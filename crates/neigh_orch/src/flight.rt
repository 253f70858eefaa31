// The operation of a neighbour.
ghost use Rattle.std.specs.Prelude.{◌≡◌, ◌↔◌, [], false, Some, option_map, IfOk, IsTrue, OnOk, OnErr};
ghost use Rattle.ref_counts.specs.Registered.{first_of};
ghost use Rattle.ref_counts.specs.Registry.{ids_of};
ghost use Rattle.table_schema.specs.Plan.{Ports};
ghost use Rattle.orch_flight.specs.Calling.{IsNextOf, IsOver, KnowsIds};
ghost use Rattle.orch_flight.specs.Sharing.{MayStart};
ghost use Rattle.orch_flight.specs.Starting.{IsStartedBy, in_default};
ghost use Rattle.orch_flight.specs.Taking.{IsTook, MayTake};
ghost use Rattle.neigh_orch.specs.Neighbours.{HaveFit, IsNeighborStart, IsNeighborFlown, IsMadeNext, IsNeighKey, IsSetNext, IsTakenNext, KnowsInterface, KnowsMade, KnowsTaken, MayBuild, fewer, row_mac, names_made, same_mac};

use crate::left::Left;
use crate::starting::{add, change, remove};
use orch_flight::{base_of, vid};
use ref_counts::{Name, Next, Registry, Room};
use sai_types::{Attr, Base, Body, Call, Entry, KindCounts, Vid};
use std::marker::Model;
use switch_model::Wait;
use swss_types::{IfName, Ip, Mac, OutOfMemory};
use table_schema::{Key, PortPlan, Row};

/// The operation of a neighbour: it is made, and then its next hop; its Ethernet address is set where it differs; or its next
/// hop is removed, and then it.
#[derive(Debug, Drop)]
pub struct NeighFlight {
    worker: u32,
    on: IfName,
    ip: Ip,
    // what the interface stands on
    base: Base,
    // the Ethernet address that the neighbour has now, and the one that it is to have
    current: Option<Mac>,
    target: Option<Mac>,
    left: Left,
}

impl Model for NeighFlight {
    ghost use Rattle.orch_flight.specs.Operation.{Operation};
    ghost use Rattle.neigh_orch.specs.Neighbours.{neigh_operation};

    ghost Value = { Operation };

    ghost view = { λ f. neigh_operation f.worker f.on f.ip f.base f.left f.current f.target };
}

impl NeighFlight {
    /// Starts the operation that brings a neighbour from its applied row to its new one, or tells the first reason why it has to
    /// wait, and changes nothing then. The worker is below 4 and has no operation.
    pub fn start(
        plan: &PortPlan,
        reg: &mut Registry,
        room: &mut Room,
        used: &KindCounts,
        worker: u32,
        key: &Key,
        old: Option<&Row>,
        new: Option<&Row>,
    ) -> Result<Result<NeighFlight, Wait>, OutOfMemory>
        requires table { IsNeighKey key.now }
        requires may { MayStart plan.now reg.old worker key.now (in_default (option_map (λ r. r.now) old)) (in_default (option_map (λ r. r.now) new)) }
        ensures started { IfOk result (λ answer. IsStartedBy plan.now reg.old room.old used.now worker key.now (in_default (option_map (λ r. r.now) old.entry)) (in_default (option_map (λ r. r.now) new.entry)) answer reg.new room.new) }
        ensures err { OnErr result (reg.new ≡ reg.old) }
        ensures err_room { OnErr result (room.new ≡ room.old) }
    {
        match key {
            Key::Neigh(on, ip) => {
                NeighFlight::start_at(plan, reg, room, used, worker, *on, ip, old, new)
            }
            _ => unreachable!(),
        }
    }

    /// Starts the operation of the neighbour with this address on this interface.
    fn start_at(
        plan: &PortPlan,
        reg: &mut Registry,
        room: &mut Room,
        used: &KindCounts,
        worker: u32,
        on: IfName,
        ip: &Ip,
        old: Option<&Row>,
        new: Option<&Row>,
    ) -> Result<Result<NeighFlight, Wait>, OutOfMemory>
        requires may { MayStart plan.now reg.old worker (Key.Neigh on ip.now) (in_default (option_map (λ r. r.now) old)) (in_default (option_map (λ r. r.now) new)) }
        ensures started { IfOk result (λ answer. IsStartedBy plan.now reg.old room.old used.now worker (Key.Neigh on ip.now) (in_default (option_map (λ r. r.now) old.entry)) (in_default (option_map (λ r. r.now) new.entry)) answer reg.new room.new) }
        ensures err { OnErr result (reg.new ≡ reg.old) }
        ensures err_room { OnErr result (room.new ≡ room.old) }
    {
        match (old, new) {
            (None, Some(row)) => {
                let begun = add(plan, reg, room, used, worker, on, ip, row)?;
                Ok(NeighFlight::of(plan, worker, on, ip, old, new, begun))
            }
            (Some(before), Some(row)) => {
                let begun = change(plan, reg, room, used, worker, on, ip, before, row)?;
                Ok(NeighFlight::of(plan, worker, on, ip, old, new, begun))
            }
            (Some(before), None) => {
                let begun = remove(plan, reg, room, used, worker, on, ip, before)?;
                Ok(NeighFlight::of(plan, worker, on, ip, old, new, begun))
            }
            (None, None) => unreachable!(),
        }
    }

    /// The operation, where it could begin.
    fn of(
        plan: &PortPlan,
        worker: u32,
        on: IfName,
        ip: &Ip,
        old: Option<&Row>,
        new: Option<&Row>,
        begun: Result<(), Wait>,
    ) -> Result<NeighFlight, Wait>
        requires { OnOk begun (HaveFit plan.now on ip.now (in_default (option_map (λ r. r.now) old)) (in_default (option_map (λ r. r.now) new))) }
        ensures { IsNeighborFlown plan.now worker on ip.now (in_default (option_map (λ r. r.now) old.entry)) (in_default (option_map (λ r. r.now) new.entry)) begun result }
    {
        match begun {
            Ok(()) => Ok(NeighFlight::first(plan, worker, on, ip, old, new)),
            Err(wait) => Err(wait),
        }
    }

    /// The operation of which nothing is made yet.
    fn first(
        plan: &PortPlan,
        worker: u32,
        on: IfName,
        ip: &Ip,
        old: Option<&Row>,
        new: Option<&Row>,
    ) -> NeighFlight
        requires { HaveFit plan.now on ip.now (in_default (option_map (λ r. r.now) old)) (in_default (option_map (λ r. r.now) new)) }
        ensures { IsNeighborStart plan.now worker on ip.now (in_default (option_map (λ r. r.now) old.entry)) (in_default (option_map (λ r. r.now) new.entry)) result }
    {
        match base_of(plan, on) {
            Some(base) => NeighFlight {
                worker,
                on,
                ip: *ip,
                base,
                current: mac_of(old),
                target: mac_of(new),
                left: Left::Both,
            },
            None => unreachable!(),
        }
    }

    /// The call that is due, or the end. It takes no memory where none is due.
    pub fn next(&self, reg: &Registry) -> Result<Next, OutOfMemory>
        requires { KnowsIds reg.now self.now }
        ensures { IfOk result (λ next. (plan : Ports) → IsOver plan self.now → IsNextOf plan reg.now self.now next) }
    {
        match (&self.current, &self.target) {
            (None, Some(mac)) => Ok(next_made(reg, self.on, &self.ip, mac, self.left)),
            (Some(now), Some(mac)) => Ok(next_set(reg, self.on, &self.ip, now, mac)),
            (Some(_), None) => Ok(next_taken(reg, self.on, &self.ip, self.left)),
            (None, None) => Ok(Next::End),
        }
    }

    /// The call that was due has taken effect: `made` is the identifier of what it made, where it made a next hop.
    pub fn took(&mut self, made: Option<Vid>, reg: &mut Registry)
        requires { MayTake self.old made reg.old }
        ensures { IsTook self.old made reg.old self.new reg.new }
    {
        match (&mut self.current, &self.target) {
            (Some(now), Some(mac)) => *now = *mac,
            (None, Some(_)) => {
                took_made(self.worker, self.on, &self.ip, self.left, made, reg);
                self.left = fewer(self.left);
            }
            (Some(_), None) => self.left = fewer(self.left),
            (None, None) => {}
        }
    }

    /// Whether no call is due any more.
    pub fn is_over(&self) -> bool
        ensures { IsTrue result ↔ (self.now.due ≡ []) }
    {
        match (&self.current, &self.target) {
            (None, None) => true,
            (Some(now), Some(mac)) => now == mac,
            (None, Some(_)) | (Some(_), None) => matches!(self.left, Left::Neither),
        }
    }
}

/// The Ethernet address of a neighbour's row, where there is one.
fn mac_of(row: Option<&Row>) -> Option<Mac>
    ensures { result ≡ row_mac (in_default (option_map (λ r. r.now) row.entry)) }
{
    match row {
        Some(Row::Neigh(mac)) => Some(*mac),
        _ => None,
    }
}

/// The identifier of a neighbour's interface.
fn interface(reg: &Registry, on: IfName) -> Vid
    requires { KnowsInterface reg.now on }
    ensures { first_of (ids_of reg.now (Name.Row (Key.Intf on))) ≡ Some result }
{
    vid(reg, &Name::Row(Key::Intf(on)))
}

/// The call that is due for a neighbour that is made, or the end.
fn next_made(reg: &Registry, on: IfName, ip: &Ip, mac: &Mac, left: Left) -> Next
    requires { KnowsMade reg.now on left }
    ensures { IsMadeNext reg.now on ip.now mac.now left result }
{
    match left {
        Left::Both => Next::Call(Call::Create(Body::Neighbor {
            rif: interface(reg, on),
            ip: *ip,
            mac: *mac,
        })),
        Left::One => Next::Call(Call::Create(Body::NextHop {
            rif: interface(reg, on),
            ip: *ip,
        })),
        Left::Neither => Next::End,
    }
}

/// The call that sets a neighbour's Ethernet address, or the end where it is the same.
fn next_set(reg: &Registry, on: IfName, ip: &Ip, now: &Mac, mac: &Mac) -> Next
    requires { same_mac now.now mac.now ≡ false → KnowsInterface reg.now on }
    ensures { IsSetNext reg.now on ip.now mac.now (same_mac now.now mac.now) result }
{
    if now == mac {
        Next::End
    } else {
        Next::Call(Call::Set(Entry::Neigh(interface(reg, on), *ip), Attr::Mac(*mac)))
    }
}

/// The call that is due for a neighbour that is removed, or the end.
fn next_taken(reg: &Registry, on: IfName, ip: &Ip, left: Left) -> Next
    requires { KnowsTaken reg.now on ip.now left }
    ensures { IsTakenNext reg.now on ip.now left result }
{
    match left {
        Left::Both => {
            Next::Call(Call::Remove(Entry::Oid(vid(reg, &Name::Row(Key::Neigh(on, *ip))))))
        }
        Left::One => Next::Call(Call::Remove(Entry::Neigh(interface(reg, on), *ip))),
        Left::Neither => Next::End,
    }
}

/// What is still left once the call that was due has taken effect.
fn fewer(left: Left) -> Left
    ensures { result ≡ fewer left }
{
    match left {
        Left::Both => Left::One,
        Left::One | Left::Neither => Left::Neither,
    }
}

/// Makes a neighbour's name live once its next hop is made.
fn took_made(worker: u32, on: IfName, ip: &Ip, left: Left, made: Option<Vid>, reg: &mut Registry)
    requires { MayBuild reg.old worker on ip.now left made }
    ensures { reg.new ≡ names_made reg.old on ip.now left made }
{
    if let Left::One = left {
        if let Some(vid) = made {
            reg.built(worker, &Name::Row(Key::Neigh(on, *ip)), &[vid]);
        }
    }
}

========

WHAT THE TASK REQUIRES: Please transcribe only the lines in the records above running from the line that has "mac: &Mac, left: Left) -> Next" through the line that has "mac: &Mac) -> Next", both included, exactly as they appear.

ANSWER:
fn next_made(reg: &Registry, on: IfName, ip: &Ip, mac: &Mac, left: Left) -> Next
    requires { KnowsMade reg.now on left }
    ensures { IsMadeNext reg.now on ip.now mac.now left result }
{
    match left {
        Left::Both => Next::Call(Call::Create(Body::Neighbor {
            rif: interface(reg, on),
            ip: *ip,
            mac: *mac,
        })),
        Left::One => Next::Call(Call::Create(Body::NextHop {
            rif: interface(reg, on),
            ip: *ip,
        })),
        Left::Neither => Next::End,
    }
}

/// The call that sets a neighbour's Ethernet address, or the end where it is the same.
fn next_set(reg: &Registry, on: IfName, ip: &Ip, now: &Mac, mac: &Mac) -> Next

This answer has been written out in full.